(INPUT DATA begins)

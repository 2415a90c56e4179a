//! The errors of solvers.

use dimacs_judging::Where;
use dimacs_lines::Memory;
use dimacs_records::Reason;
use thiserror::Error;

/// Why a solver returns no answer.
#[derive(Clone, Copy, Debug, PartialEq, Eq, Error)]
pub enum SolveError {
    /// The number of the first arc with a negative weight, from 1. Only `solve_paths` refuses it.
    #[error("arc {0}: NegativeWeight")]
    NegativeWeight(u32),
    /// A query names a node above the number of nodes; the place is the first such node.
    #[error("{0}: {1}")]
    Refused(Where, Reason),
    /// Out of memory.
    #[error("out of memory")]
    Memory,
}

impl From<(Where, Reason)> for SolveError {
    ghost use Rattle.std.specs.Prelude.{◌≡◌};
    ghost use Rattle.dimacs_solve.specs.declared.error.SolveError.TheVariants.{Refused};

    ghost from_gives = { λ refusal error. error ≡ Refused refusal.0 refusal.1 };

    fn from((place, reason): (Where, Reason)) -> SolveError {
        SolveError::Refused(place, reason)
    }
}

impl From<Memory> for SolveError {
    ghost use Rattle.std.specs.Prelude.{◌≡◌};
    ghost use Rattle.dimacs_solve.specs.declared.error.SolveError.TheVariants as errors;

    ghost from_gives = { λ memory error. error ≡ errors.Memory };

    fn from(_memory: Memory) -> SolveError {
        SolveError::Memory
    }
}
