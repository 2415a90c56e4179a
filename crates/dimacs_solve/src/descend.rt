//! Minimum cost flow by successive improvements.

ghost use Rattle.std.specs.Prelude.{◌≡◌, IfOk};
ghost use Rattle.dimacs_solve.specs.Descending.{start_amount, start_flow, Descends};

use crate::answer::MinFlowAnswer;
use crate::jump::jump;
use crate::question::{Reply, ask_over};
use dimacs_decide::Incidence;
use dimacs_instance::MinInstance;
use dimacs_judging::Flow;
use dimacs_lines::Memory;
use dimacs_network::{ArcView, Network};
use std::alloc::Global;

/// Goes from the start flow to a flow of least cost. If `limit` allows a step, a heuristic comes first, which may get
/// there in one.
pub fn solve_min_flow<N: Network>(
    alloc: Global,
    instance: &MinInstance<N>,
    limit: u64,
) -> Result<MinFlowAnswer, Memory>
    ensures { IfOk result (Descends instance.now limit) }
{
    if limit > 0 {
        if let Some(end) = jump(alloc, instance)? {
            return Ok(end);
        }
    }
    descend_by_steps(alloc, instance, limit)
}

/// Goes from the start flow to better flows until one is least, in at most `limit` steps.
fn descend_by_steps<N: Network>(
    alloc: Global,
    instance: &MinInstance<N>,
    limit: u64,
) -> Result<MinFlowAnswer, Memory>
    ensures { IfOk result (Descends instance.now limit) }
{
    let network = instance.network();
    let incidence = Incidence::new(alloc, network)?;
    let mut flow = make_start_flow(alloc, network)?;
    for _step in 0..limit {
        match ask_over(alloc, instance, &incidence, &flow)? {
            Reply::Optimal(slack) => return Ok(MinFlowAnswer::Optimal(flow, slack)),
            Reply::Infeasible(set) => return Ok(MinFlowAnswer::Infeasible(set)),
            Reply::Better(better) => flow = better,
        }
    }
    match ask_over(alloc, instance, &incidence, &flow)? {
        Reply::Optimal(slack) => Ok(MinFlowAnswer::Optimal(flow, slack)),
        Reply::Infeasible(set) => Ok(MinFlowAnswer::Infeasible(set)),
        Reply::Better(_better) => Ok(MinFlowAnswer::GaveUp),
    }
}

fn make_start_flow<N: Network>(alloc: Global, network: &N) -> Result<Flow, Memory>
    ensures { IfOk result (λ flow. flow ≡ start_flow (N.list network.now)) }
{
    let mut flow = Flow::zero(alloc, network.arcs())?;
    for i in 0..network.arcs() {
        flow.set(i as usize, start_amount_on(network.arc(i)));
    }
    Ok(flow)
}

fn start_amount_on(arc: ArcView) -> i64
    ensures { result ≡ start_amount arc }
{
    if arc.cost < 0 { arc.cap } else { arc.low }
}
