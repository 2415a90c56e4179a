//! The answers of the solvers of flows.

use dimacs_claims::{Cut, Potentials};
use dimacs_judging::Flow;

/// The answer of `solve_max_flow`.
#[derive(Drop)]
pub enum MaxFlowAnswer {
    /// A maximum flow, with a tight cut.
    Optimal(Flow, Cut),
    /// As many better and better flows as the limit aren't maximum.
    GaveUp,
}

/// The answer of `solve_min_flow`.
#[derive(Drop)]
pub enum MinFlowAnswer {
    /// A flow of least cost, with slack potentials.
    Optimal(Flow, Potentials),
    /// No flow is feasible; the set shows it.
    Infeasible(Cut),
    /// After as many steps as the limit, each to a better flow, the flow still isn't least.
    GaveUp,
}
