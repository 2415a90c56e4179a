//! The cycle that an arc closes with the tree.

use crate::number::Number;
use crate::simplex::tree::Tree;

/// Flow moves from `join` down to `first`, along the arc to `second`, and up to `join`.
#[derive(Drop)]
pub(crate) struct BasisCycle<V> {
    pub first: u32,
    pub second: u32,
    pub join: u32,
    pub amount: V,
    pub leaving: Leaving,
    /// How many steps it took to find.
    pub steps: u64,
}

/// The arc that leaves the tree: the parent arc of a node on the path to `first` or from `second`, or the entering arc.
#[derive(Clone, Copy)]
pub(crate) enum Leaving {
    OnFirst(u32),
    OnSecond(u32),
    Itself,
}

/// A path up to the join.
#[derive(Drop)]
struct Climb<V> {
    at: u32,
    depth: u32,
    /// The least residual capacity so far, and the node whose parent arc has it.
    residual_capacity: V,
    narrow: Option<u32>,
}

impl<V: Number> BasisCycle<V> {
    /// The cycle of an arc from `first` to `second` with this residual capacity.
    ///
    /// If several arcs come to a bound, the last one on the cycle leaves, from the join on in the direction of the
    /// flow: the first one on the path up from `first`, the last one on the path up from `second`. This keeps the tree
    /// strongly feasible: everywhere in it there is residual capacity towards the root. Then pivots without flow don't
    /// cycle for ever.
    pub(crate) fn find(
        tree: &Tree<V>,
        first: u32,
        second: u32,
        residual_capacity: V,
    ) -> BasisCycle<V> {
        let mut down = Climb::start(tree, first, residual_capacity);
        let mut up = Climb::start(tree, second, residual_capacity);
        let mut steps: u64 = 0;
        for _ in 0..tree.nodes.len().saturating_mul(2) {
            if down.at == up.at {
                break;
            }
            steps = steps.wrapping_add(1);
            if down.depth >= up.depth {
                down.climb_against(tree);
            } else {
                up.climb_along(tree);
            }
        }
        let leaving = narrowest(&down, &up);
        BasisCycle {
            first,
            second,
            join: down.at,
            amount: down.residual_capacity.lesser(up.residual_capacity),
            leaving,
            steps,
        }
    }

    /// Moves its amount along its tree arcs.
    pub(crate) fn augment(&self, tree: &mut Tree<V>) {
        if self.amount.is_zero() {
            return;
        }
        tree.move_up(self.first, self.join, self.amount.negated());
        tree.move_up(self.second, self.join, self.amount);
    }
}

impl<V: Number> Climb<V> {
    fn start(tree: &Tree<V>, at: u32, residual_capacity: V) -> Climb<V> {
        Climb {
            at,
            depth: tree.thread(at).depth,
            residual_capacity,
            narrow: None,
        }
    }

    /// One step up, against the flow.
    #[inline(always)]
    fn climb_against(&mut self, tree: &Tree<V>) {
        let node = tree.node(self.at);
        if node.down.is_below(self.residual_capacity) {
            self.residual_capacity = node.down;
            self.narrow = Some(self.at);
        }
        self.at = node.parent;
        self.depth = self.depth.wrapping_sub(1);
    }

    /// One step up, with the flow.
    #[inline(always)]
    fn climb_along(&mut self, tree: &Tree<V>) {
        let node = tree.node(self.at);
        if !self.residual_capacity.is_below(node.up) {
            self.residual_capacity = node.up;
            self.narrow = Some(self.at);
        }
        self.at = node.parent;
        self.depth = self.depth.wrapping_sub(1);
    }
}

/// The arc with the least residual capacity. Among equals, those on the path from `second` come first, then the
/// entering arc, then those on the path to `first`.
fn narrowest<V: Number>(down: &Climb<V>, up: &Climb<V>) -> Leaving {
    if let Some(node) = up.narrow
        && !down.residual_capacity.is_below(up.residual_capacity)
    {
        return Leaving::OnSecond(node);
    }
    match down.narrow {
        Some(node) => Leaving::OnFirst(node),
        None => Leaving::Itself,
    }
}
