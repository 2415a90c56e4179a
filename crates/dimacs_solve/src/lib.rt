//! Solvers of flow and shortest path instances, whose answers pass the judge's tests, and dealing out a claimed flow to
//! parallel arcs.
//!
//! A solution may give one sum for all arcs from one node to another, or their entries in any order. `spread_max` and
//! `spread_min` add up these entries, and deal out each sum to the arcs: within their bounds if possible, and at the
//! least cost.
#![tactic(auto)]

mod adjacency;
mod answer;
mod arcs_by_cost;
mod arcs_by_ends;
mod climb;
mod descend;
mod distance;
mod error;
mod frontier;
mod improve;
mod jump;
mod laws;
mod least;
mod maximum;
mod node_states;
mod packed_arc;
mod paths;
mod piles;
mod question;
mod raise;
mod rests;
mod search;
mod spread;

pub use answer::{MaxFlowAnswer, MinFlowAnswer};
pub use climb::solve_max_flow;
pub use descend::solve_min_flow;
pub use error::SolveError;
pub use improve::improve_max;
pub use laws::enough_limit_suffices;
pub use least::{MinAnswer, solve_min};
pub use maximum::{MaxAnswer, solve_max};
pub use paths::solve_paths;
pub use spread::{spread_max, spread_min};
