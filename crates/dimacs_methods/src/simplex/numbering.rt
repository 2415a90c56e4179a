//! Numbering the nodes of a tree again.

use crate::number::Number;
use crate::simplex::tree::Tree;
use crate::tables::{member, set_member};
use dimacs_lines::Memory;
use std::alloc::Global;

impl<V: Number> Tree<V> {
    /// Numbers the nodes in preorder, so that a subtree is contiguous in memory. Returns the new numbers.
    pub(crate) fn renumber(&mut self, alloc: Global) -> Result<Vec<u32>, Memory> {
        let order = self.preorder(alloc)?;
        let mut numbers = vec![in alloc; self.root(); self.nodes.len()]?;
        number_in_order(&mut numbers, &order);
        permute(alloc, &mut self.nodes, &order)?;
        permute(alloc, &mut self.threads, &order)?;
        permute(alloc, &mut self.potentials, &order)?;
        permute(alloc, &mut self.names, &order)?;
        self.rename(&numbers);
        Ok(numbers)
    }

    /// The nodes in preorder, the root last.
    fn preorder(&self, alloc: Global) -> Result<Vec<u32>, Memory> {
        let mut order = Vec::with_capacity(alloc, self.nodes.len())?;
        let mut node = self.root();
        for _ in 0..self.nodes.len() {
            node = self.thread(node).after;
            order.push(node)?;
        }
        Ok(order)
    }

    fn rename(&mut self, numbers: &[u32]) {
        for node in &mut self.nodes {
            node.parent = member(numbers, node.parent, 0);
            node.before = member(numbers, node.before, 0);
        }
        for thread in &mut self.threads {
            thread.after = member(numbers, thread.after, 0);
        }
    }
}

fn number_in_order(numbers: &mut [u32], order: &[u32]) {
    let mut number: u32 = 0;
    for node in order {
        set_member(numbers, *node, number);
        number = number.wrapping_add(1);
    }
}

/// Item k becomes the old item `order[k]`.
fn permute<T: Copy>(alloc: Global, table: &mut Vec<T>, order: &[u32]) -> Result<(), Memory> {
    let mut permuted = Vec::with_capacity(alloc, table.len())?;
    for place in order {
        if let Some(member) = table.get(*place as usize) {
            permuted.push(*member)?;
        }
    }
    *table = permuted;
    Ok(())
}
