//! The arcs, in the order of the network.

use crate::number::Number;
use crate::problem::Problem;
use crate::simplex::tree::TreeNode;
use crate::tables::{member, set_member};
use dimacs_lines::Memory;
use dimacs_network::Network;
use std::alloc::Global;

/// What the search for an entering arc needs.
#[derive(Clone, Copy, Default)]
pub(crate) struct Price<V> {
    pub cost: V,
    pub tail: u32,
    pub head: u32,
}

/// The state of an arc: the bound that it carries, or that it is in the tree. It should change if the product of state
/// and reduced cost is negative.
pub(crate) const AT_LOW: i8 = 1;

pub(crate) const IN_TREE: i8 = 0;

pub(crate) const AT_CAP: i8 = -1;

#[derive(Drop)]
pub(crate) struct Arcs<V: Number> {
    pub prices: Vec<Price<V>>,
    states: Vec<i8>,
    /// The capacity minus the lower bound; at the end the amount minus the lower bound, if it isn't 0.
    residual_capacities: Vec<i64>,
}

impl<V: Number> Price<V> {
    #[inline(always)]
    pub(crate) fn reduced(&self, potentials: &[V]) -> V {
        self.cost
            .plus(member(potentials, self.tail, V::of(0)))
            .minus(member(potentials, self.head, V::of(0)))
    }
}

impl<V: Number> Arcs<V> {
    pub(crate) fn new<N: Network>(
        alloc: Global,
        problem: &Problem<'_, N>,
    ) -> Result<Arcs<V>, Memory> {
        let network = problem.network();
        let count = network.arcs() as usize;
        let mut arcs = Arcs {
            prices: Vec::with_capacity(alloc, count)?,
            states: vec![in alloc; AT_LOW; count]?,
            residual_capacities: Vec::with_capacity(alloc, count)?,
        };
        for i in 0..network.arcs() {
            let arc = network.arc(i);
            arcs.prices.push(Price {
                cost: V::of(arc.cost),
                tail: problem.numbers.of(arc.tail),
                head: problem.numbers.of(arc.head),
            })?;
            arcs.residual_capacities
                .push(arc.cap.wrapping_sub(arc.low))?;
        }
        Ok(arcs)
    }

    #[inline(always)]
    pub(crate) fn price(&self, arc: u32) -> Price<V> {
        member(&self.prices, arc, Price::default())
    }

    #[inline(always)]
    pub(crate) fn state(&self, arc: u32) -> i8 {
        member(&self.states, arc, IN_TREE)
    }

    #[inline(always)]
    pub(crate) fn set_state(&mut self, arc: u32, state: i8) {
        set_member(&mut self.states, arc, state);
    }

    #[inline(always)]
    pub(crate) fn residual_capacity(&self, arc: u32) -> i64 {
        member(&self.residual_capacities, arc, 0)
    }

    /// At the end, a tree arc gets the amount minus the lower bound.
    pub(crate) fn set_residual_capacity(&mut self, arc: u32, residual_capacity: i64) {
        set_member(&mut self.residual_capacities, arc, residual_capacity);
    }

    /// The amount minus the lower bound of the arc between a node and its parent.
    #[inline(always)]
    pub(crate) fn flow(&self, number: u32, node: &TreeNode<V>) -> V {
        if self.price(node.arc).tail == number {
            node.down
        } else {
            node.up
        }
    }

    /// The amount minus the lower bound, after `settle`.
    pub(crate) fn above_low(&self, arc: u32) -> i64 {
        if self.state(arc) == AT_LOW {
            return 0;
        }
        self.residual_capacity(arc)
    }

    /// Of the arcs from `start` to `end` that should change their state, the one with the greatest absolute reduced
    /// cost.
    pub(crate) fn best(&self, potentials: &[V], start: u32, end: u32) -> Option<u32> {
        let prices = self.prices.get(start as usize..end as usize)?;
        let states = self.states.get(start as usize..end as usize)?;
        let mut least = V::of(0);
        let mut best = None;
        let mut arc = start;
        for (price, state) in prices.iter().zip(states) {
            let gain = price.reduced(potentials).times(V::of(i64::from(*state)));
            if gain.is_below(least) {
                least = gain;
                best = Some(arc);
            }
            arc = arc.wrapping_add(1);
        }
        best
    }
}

(INPUT DATA ends)

## PROBLEM TO SOLVE
Scan the records above for the string "OnSecond", then select every line that holds it.

## RESULT
    OnSecond(u32),
        return Leaving::OnSecond(node);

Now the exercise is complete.